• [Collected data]

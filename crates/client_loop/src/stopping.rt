ghost use Rattle.std.specs.Prelude.{◌≡◌, ◌<◌, ◌⊎◌};
ghost use Rattle.io_core.specs.Causes.{Rose};
ghost use Rattle.client_loop.specs.Asks.{IsStop};
ghost use Rattle.client_loop.specs.Byes.{stop_end, IsStopEnd};
ghost use Rattle.client_loop.specs.Ends.{Counts, IsBroken};
ghost use Rattle.client_loop.specs.Runs.{Stops};

use crate::end::{End, finish};
use crate::exchange::{Desk, Reply};
use io_core::{Link, Sink};
use std::alloc::Global;
use wire_codec::{Control, Message};

// How a reply to `Bye` ends the command.
fn end_of(reply: &Reply) -> End
    ensures value { result ≡ stop_end reply.now }
    ensures ends { IsStopEnd result }
{
    match reply {
        Reply::Message(Message::Control(Control::Done)) => End::Done,
        Reply::Message(Message::Control(Control::Bye)) => End::Garbled,
        Reply::Message(Message::Control(Control::No)) => End::Garbled,
        Reply::Message(Message::ToNode(_)) => End::Garbled,
        Reply::Message(Message::FromNode(_)) => End::Garbled,
        Reply::Message(Message::ToServer(_)) => End::Garbled,
        Reply::Message(Message::FromServer(_)) => End::Garbled,
        Reply::Message(Message::ToRegister(_)) => End::Garbled,
        Reply::Message(Message::FromRegister(_)) => End::Garbled,
        Reply::Garbled => End::Garbled,
        Reply::Failed => End::Peer,
    }
}

// Asks whoever serves at a port to serve no longer.
fn say_bye<L: Link>(alloc: Global, link: &mut L, desk: &mut Desk, port: u16) -> End
    ensures told { L.tells → IsStop port (L.transcript link.old) (L.transcript link.new) result }
    ensures ends { IsStopEnd result }
    ensures faults { Counts (L.faults link.old) (L.faults link.new) (result ≡ End.Peer) }
{
    match desk.exchange(alloc, link, port, &Message::Control(Control::Bye)) {
        Ok(reply) => end_of(&reply),
        Err(_) => End::Memory,
    }
}

// The same, with room for the exchange.
fn ask_to_stop<L: Link>(alloc: Global, link: &mut L, port: u16) -> End
    ensures told { L.tells → IsStop port (L.transcript link.old) (L.transcript link.new) result }
    ensures ends { IsStopEnd result }
    ensures faults { Counts (L.faults link.old) (L.faults link.new) (result ≡ End.Peer) }
{
    match Desk::new(alloc) {
        Ok(mut desk) => say_bye(alloc, link, &mut desk, port),
        Err(_) => End::Memory,
    }
}

/// Asks whoever serves at a port to serve no longer, and gives the status.
pub fn stop<L: Link, W: Sink>(alloc: Global, link: &mut L, port: u16, sink: &mut W) -> u8
    // At most one exchange is made. The status is 0 only where its reply is Done.
    ensures stops { Stops L.tells port (L.transcript link.old) (L.transcript link.new)
        (W.contents sink.old) (W.contents sink.new) (Rose (W.wants sink.old) (W.wants sink.new)) result }
    ensures done { result ≡ 0 → L.tells → IsStop port (L.transcript link.old) (L.transcript link.new) End.Done }

    // A fault is told only where it was counted, and is told where it was.
    ensures write { result ≡ 11 → Rose (W.faults sink.old) (W.faults sink.new) }
    ensures peer { result ≡ 13 → Rose (L.faults link.old) (L.faults link.new) }
    ensures write_told { W.faults sink.old < W.faults sink.new → result ≡ 11 }
    ensures peer_told { L.faults link.old < L.faults link.new → (result ≡ 13) ⊎ IsBroken result }
{
    let end = ask_to_stop(alloc, link, port);
    finish(alloc, sink, end)
}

• [Task directions] Every record must be transcribed exactly, with no line skipped.

• [Your response]
filename crates/client_loop/src/stopping.rt
ghost use Rattle.std.specs.Prelude.{◌≡◌, ◌<◌, ◌⊎◌};
ghost use Rattle.io_core.specs.Causes.{Rose};
ghost use Rattle.client_loop.specs.Asks.{IsStop};
ghost use Rattle.client_loop.specs.Byes.{stop_end, IsStopEnd};
ghost use Rattle.client_loop.specs.Ends.{Counts, IsBroken};
ghost use Rattle.client_loop.specs.Runs.{Stops};

use crate::end::{End, finish};
use crate::exchange::{Desk, Reply};
use io_core::{Link, Sink};
use std::alloc::Global;
use wire_codec::{Control, Message};

// How a reply to `Bye` ends the command.
fn end_of(reply: &Reply) -> End
    ensures value { result ≡ stop_end reply.now }
    ensures ends { IsStopEnd result }
{
    match reply {
        Reply::Message(Message::Control(Control::Done)) => End::Done,
        Reply::Message(Message::Control(Control::Bye)) => End::Garbled,
        Reply::Message(Message::Control(Control::No)) => End::Garbled,
        Reply::Message(Message::ToNode(_)) => End::Garbled,
        Reply::Message(Message::FromNode(_)) => End::Garbled,
        Reply::Message(Message::ToServer(_)) => End::Garbled,
        Reply::Message(Message::FromServer(_)) => End::Garbled,
        Reply::Message(Message::ToRegister(_)) => End::Garbled,
        Reply::Message(Message::FromRegister(_)) => End::Garbled,
        Reply::Garbled => End::Garbled,
        Reply::Failed => End::Peer,
    }
}

// Asks whoever serves at a port to serve no longer.
fn say_bye<L: Link>(alloc: Global, link: &mut L, desk: &mut Desk, port: u16) -> End
    ensures told { L.tells → IsStop port (L.transcript link.old) (L.transcript link.new) result }
    ensures ends { IsStopEnd result }
    ensures faults { Counts (L.faults link.old) (L.faults link.new) (result ≡ End.Peer) }
{
    match desk.exchange(alloc, link, port, &Message::Control(Control::Bye)) {
        Ok(reply) => end_of(&reply),
        Err(_) => End::Memory,
    }
}

// The same, with room for the exchange.
fn ask_to_stop<L: Link>(alloc: Global, link: &mut L, port: u16) -> End
    ensures told { L.tells → IsStop port (L.transcript link.old) (L.transcript link.new) result }
    ensures ends { IsStopEnd result }
    ensures faults { Counts (L.faults link.old) (L.faults link.new) (result ≡ End.Peer) }
{
    match Desk::new(alloc) {
        Ok(mut desk) => say_bye(alloc, link, &mut desk, port),
        Err(_) => End::Memory,
    }
}

/// Asks whoever serves at a port to serve no longer, and gives the status.
pub fn stop<L: Link, W: Sink>(alloc: Global, link: &mut L, port: u16, sink: &mut W) -> u8
    // At most one exchange is made. The status is 0 only where its reply is Done.
    ensures stops { Stops L.tells port (L.transcript link.old) (L.transcript link.new)
        (W.contents sink.old) (W.contents sink.new) (Rose (W.wants sink.old) (W.wants sink.new)) result }
    ensures done { result ≡ 0 → L.tells → IsStop port (L.transcript link.old) (L.transcript link.new) End.Done }

    // A fault is told only where it was counted, and is told where it was.
    ensures write { result ≡ 11 → Rose (W.faults sink.old) (W.faults sink.new) }
    ensures peer { result ≡ 13 → Rose (L.faults link.old) (L.faults link.new) }
    ensures write_told { W.faults sink.old < W.faults sink.new → result ≡ 11 }
    ensures peer_told { L.faults link.old < L.faults link.new → (result ≡ 13) ⊎ IsBroken result }
{
    let end = ask_to_stop(alloc, link, port);
    finish(alloc, sink, end)
}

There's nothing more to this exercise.